Here’s in brief what I said:

  • swimming in historic pools is a unique experience for some non negligible quasi-holistic reason (link) ;
  • Lewisham Council is responsible for the disrepair of Forest Hill Pools, by displaying surprise at discovering that a 123 years old pool that they neglected to maintain has some problems that could cost a packet they only look silly and hypocritical;
  • on the other hand maintenance of historic buildings should not be met by sports and leisure budgets and unfortunately funding to maintain historic buildings is hard to come by and there is no legal responsibility to maintain historic buildings in good shape;
  • we may be living an epidemic of demolitions of historic buildings because the mantra in local government is that any building that is over 30 years old is only good for the scrap-heap;
  • this leads to the loss of some really fantastic buildings like the former Hither Green Hospital , a local architectural gem demolished a few years ago to make space for a housing development (this is the part that made it into the news);
  • we do need new pools and we need more budget for this and to use it to maximum effect, unfortunately as the population grows the new facilities only shrink when compared with the old ones, old Forest Hill Pools and its forecast replacement being a perfect example of this trend;
  • enough swimming pools to satisfy population needs are important because they are not just an asset for competitive sport, they offer an opportunity to keep fit to anyone and they are just about the best way and sometimes the only possible way to exercise for many people suffering from a series of very common conditions like asthma, arthritis, obesity…;
  • an investment in swimming pools would reflect positively on the budget for the NHS and to fail to see this shows extreme short-sightedness.
  • With all this to say I didn’t want to be boxed into something that I am not, I was also aware that many people in Forest Hill just want the old pool to be taken out of its misery. If the Council can’t keep it in good order than maybe it’s better to knock it down and build a modern one. I find it impossible to disagree with that.
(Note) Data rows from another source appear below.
// Why a call of the system failed, for a person.
use crate::names::file_name;
use ip_base::Memory;
use ip_ground::FileName;
use std::io;
use std::io::ErrorKind;

/// What a call of the system was about.
#[derive(Clone, Copy, Debug, PartialEq, Eq)]
pub enum Subject {
    /// The store's folder itself.
    Folder,
    /// A file in it.
    File(FileName),
    /// Standard input.
    Input,
    /// Standard output.
    Output,
    /// The child of a collection.
    Child,
}

/// A call of the system that failed, and why.
#[derive(Clone, Copy, Debug)]
pub struct Cause {
    call: &'static str,
    subject: Subject,
    kind: ErrorKind,
    code: Option<i32>,
}

impl Cause {
    // Of a call by its name.
    pub(crate) fn of(call: &'static str, subject: Subject, error: &io::Error) -> Cause {
        Cause {
            call,
            subject,
            kind: error.kind(),
            code: error.raw_os_error(),
        }
    }

    /// Writes `ipstore: CALL SUBJECT: WHY` and a line feed. The call is `open`, `length`, `read`, `write`, `sync`, `remove`, `settle` or `start`.
    pub fn put_line(&self, out: &mut Vec<u8>) -> Result<(), Memory> {
        out.extend_from_slice(b"ipstore: ")?;
        out.extend_from_slice(self.call_shown().as_bytes())?;
        out.push(b' ')?;
        self.put_subject(out)?;
        out.extend_from_slice(b": ")?;
        self.put_why(out)?;
        Ok(out.push(b'\n')?)
    }

    // Files are opened by the call that needs them first, so these faults of it are those of opening.
    fn call_shown(&self) -> &'static str {
        let is_of_file = matches!(self.subject, Subject::File(_)) && self.call != "remove";
        if self.call == "sync" && self.kind == ErrorKind::ReadOnlyFilesystem {
            return self.call;
        }
        if is_of_file && (is_of_opening(self.kind) || self.is_of_too_many()) {
            return "open";
        }
        self.call
    }

    fn put_subject(&self, out: &mut Vec<u8>) -> Result<(), Memory> {
        let text: &[u8] = match self.subject {
            Subject::Folder => b"folder",
            Subject::File(file) => return put_file(file, out),
            Subject::Input => b"input",
            Subject::Output => b"output",
            Subject::Child => b"child",
        };
        Ok(out.extend_from_slice(text)?)
    }

    fn put_why(&self, out: &mut Vec<u8>) -> Result<(), Memory> {
        match self.code {
            Some(code) if self.kind == ErrorKind::Uncategorized => put_code(code, out),
            _ => Ok(out.extend_from_slice(self.why().as_bytes())?),
        }
    }

    fn why(&self) -> &'static str {
        match self.kind {
            ErrorKind::NotFound if self.subject == Subject::Folder => "no such folder",
            ErrorKind::NotFound => "no such file",
            ErrorKind::PermissionDenied => "no permission",
            ErrorKind::WouldBlock if self.subject == Subject::File(FileName::Control) => {
                "another process serves this store"
            }
            ErrorKind::WouldBlock if self.subject == Subject::Child => "too many processes",
            ErrorKind::WouldBlock => "it would have to wait",
            ErrorKind::NotADirectory => "not a folder",
            ErrorKind::IsADirectory => "a folder stands there",
            ErrorKind::FilesystemLoop => "a link stands there",
            ErrorKind::ReadOnlyFilesystem => "read-only file system",
            ErrorKind::StorageFull => "no space left",
            other => rarer(other),
        }
    }

    fn is_of_too_many(&self) -> bool {
        self.code == Some(TOO_MANY) || self.code == Some(TOO_MANY_IN_ALL)
    }
}

// Linux's number where a process has too many files open, and where the whole system has.
const TOO_MANY: i32 = 24;

const TOO_MANY_IN_ALL: i32 = 23;

// Whether it is a fault that opening a file gives, and no call on one that is open.
fn is_of_opening(kind: ErrorKind) -> bool {
    matches!(
        kind,
        ErrorKind::NotFound
            | ErrorKind::PermissionDenied
            | ErrorKind::WouldBlock
            | ErrorKind::NotADirectory
            | ErrorKind::IsADirectory
            | ErrorKind::FilesystemLoop
            | ErrorKind::NotSeekable
            | ErrorKind::ReadOnlyFilesystem
    )
}

fn rarer(kind: ErrorKind) -> &'static str {
    match kind {
        ErrorKind::QuotaExceeded => "quota exceeded",
        ErrorKind::FileTooLarge => "past the limit of a file's size",
        ErrorKind::InvalidFilename => "the name is too long",
        ErrorKind::BrokenPipe => "nobody reads it",
        ErrorKind::OutOfMemory => "want of memory",
        ErrorKind::ResourceBusy => "in use",
        ErrorKind::ExecutableFileBusy => "the program is being written",
        ErrorKind::ArgumentListTooLong => "the words are too long",
        ErrorKind::StaleNetworkFileHandle => "the network's file is gone",
        ErrorKind::InvalidInput => "not possible there",
        ErrorKind::NotSeekable => "no plain file stands there",
        ErrorKind::AlreadyExists => "another file stands there",
        _ => "it failed",
    }
}

fn put_file(file: FileName, out: &mut Vec<u8>) -> Result<(), Memory> {
    let name = file_name(*out.allocator(), file)?;
    Ok(out.extend_from_slice(name.as_bytes())?)
}

// A fault by its number alone.
fn put_code(code: i32, out: &mut Vec<u8>) -> Result<(), Memory> {
    match code {
        TOO_MANY => Ok(out.extend_from_slice(b"too many open files")?),
        TOO_MANY_IN_ALL => Ok(out.extend_from_slice(b"too many open files in the system")?),
        5 => Ok(out.extend_from_slice(b"the device failed")?),
        9 => Ok(out.extend_from_slice(b"it is closed")?),
        37 => Ok(out.extend_from_slice(b"no lock is to be had")?),
        _ => {
            let text = format!(in *out.allocator(); "error {code}")?;
            Ok(out.extend_from_slice(text.as_bytes())?)
        }
    }
}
    In a different situation I probably would have stood for old Forest Hill Pools, in fact if the Friends of Forest Hill Pools would not have fought along many years to keep the old one up, today there wouldn’t be a pool to speak of there. The pools were first saved from closure some 12 years ago, and in case somebody forgot only three years ago the Mayor approved a consultant’s report advising him to keep only 4 pools in the Borough, and Forest Hill was not one of them.

    The fact that the pools will now be replaced is an achievement of those efforts, sad to see that something that is a bit smaller is what’s on offer but at least there’s something on offer.

    Going back to the interview. I think that the peculiar characteristic of it was that unlike my past media passages this time I wasn’t campaigning for anything specific, I didn’t have to push one message through, so I was particularly relaxed, I had a quite clear idea of what I wanted to say but not a prepared speech, just an ad lib improvisation on someting I’ve come to know quite well.

    I was really more interested in giving the image of the two Victorian pools and their parallel lives and dismissals, I find that quite poetic, unfortunately news editors are more interested in a quick point. Never mind, I was aware that my poetic image probably would not have made it entirely so a few quick points to choose from were provided, one made it into the news and I’m quite happy with it.